#### RECORDS FOR THE TASK:

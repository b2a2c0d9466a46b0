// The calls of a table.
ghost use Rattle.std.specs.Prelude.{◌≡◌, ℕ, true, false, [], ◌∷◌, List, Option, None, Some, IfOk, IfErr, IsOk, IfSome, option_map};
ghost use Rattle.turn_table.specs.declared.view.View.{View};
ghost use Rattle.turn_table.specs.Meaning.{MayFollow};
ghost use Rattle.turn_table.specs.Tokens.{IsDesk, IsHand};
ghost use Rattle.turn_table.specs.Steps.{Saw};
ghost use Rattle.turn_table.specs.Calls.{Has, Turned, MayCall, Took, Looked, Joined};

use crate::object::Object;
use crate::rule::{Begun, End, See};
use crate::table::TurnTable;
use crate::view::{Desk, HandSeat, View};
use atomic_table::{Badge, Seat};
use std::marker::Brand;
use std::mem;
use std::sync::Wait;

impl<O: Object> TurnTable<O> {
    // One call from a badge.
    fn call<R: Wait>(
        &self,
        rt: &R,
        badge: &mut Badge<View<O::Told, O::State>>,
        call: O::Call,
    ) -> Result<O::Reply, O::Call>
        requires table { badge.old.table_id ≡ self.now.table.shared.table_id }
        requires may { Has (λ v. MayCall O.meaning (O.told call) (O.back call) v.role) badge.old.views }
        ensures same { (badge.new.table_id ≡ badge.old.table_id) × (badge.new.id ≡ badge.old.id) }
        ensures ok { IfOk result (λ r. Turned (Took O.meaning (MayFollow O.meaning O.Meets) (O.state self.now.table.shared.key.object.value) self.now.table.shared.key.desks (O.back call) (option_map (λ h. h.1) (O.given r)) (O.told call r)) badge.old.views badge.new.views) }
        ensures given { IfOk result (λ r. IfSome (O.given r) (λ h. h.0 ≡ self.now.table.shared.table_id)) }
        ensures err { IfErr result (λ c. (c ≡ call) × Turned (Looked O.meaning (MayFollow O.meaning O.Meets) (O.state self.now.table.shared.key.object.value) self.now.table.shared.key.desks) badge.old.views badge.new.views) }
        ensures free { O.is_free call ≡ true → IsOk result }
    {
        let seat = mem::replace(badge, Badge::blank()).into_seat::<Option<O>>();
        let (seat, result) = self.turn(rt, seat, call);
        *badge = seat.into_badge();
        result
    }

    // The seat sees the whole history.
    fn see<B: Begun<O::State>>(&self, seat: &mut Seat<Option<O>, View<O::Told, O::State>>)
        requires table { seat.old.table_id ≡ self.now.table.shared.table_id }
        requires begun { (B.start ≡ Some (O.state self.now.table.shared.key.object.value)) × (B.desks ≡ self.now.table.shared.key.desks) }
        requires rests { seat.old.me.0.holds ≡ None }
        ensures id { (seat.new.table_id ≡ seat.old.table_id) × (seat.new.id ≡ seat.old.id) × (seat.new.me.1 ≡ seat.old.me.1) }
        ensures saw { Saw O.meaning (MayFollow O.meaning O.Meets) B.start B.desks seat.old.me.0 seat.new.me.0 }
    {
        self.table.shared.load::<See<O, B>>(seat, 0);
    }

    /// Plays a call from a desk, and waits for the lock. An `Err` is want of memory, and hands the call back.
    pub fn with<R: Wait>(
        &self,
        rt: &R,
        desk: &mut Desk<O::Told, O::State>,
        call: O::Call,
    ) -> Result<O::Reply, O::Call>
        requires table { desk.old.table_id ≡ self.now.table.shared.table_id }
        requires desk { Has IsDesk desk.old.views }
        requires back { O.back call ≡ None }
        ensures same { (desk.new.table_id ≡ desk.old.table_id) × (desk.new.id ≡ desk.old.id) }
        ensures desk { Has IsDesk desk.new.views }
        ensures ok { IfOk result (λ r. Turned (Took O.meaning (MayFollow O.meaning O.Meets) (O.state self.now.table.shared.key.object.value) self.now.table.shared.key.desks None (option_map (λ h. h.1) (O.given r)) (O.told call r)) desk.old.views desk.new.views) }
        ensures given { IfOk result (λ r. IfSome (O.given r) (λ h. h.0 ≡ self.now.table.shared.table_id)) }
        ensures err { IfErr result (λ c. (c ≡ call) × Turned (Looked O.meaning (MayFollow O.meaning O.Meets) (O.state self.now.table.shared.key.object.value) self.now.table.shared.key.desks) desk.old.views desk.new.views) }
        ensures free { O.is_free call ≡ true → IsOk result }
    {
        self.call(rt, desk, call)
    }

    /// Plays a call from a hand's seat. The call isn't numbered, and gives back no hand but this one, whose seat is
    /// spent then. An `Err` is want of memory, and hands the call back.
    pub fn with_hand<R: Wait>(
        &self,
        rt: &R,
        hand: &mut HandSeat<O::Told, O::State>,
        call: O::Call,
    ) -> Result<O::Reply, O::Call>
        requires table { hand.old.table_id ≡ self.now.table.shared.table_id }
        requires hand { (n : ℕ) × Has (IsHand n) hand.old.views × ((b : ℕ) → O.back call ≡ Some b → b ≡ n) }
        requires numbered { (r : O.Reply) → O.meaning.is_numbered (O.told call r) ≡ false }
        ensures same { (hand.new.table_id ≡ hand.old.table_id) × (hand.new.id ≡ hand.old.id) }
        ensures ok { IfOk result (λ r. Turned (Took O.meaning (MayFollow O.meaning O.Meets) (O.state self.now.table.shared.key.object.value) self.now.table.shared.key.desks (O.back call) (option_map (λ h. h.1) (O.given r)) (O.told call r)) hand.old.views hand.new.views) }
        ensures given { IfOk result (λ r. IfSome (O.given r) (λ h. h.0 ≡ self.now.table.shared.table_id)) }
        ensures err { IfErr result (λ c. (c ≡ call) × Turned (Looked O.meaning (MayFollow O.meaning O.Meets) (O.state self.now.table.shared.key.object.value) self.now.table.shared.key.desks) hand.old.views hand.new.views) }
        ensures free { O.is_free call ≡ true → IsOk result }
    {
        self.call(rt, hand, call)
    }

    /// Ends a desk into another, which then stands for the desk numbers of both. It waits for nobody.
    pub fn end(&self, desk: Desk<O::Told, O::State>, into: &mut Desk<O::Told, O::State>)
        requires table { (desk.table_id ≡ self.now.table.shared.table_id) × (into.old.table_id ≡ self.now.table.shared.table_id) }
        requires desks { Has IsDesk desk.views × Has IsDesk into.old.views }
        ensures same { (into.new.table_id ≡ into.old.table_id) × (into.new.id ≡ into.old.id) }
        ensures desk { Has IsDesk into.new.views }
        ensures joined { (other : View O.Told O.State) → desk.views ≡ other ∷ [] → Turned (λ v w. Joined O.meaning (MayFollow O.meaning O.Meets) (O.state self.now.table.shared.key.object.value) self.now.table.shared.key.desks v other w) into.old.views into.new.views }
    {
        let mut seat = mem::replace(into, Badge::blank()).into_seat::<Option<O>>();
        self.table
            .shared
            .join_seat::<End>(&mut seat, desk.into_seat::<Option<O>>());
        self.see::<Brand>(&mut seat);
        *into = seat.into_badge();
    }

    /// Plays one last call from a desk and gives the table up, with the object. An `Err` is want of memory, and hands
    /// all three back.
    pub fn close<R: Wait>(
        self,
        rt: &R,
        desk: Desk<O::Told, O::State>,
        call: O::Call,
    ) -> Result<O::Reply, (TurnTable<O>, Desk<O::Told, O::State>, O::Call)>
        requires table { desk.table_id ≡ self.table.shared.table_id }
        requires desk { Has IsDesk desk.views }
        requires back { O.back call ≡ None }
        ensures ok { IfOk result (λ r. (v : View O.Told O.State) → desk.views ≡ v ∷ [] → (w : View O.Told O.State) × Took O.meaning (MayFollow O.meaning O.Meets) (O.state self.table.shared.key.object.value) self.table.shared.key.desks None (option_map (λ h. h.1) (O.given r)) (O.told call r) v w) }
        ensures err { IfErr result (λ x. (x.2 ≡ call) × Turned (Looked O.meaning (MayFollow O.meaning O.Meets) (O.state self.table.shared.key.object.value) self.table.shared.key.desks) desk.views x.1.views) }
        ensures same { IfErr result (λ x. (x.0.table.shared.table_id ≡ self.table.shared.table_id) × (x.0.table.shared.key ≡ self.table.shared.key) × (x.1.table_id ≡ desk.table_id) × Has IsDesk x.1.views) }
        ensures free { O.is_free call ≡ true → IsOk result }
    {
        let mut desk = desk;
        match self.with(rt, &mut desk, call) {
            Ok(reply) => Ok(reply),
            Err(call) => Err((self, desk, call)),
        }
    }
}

#### TASK PROMPT:
Using the records above, set down exactly the lines from the one with "badge.old.table_id ≡ self.now.table.shared.table_id" through the one with "let (seat, result)", inclusive, and nothing more.

#### WRITTEN ANSWER:
        requires table { badge.old.table_id ≡ self.now.table.shared.table_id }
        requires may { Has (λ v. MayCall O.meaning (O.told call) (O.back call) v.role) badge.old.views }
        ensures same { (badge.new.table_id ≡ badge.old.table_id) × (badge.new.id ≡ badge.old.id) }
        ensures ok { IfOk result (λ r. Turned (Took O.meaning (MayFollow O.meaning O.Meets) (O.state self.now.table.shared.key.object.value) self.now.table.shared.key.desks (O.back call) (option_map (λ h. h.1) (O.given r)) (O.told call r)) badge.old.views badge.new.views) }
        ensures given { IfOk result (λ r. IfSome (O.given r) (λ h. h.0 ≡ self.now.table.shared.table_id)) }
        ensures err { IfErr result (λ c. (c ≡ call) × Turned (Looked O.meaning (MayFollow O.meaning O.Meets) (O.state self.now.table.shared.key.object.value) self.now.table.shared.key.desks) badge.old.views badge.new.views) }
        ensures free { O.is_free call ≡ true → IsOk result }
    {
        let seat = mem::replace(badge, Badge::blank()).into_seat::<Option<O>>();
        let (seat, result) = self.turn(rt, seat, call);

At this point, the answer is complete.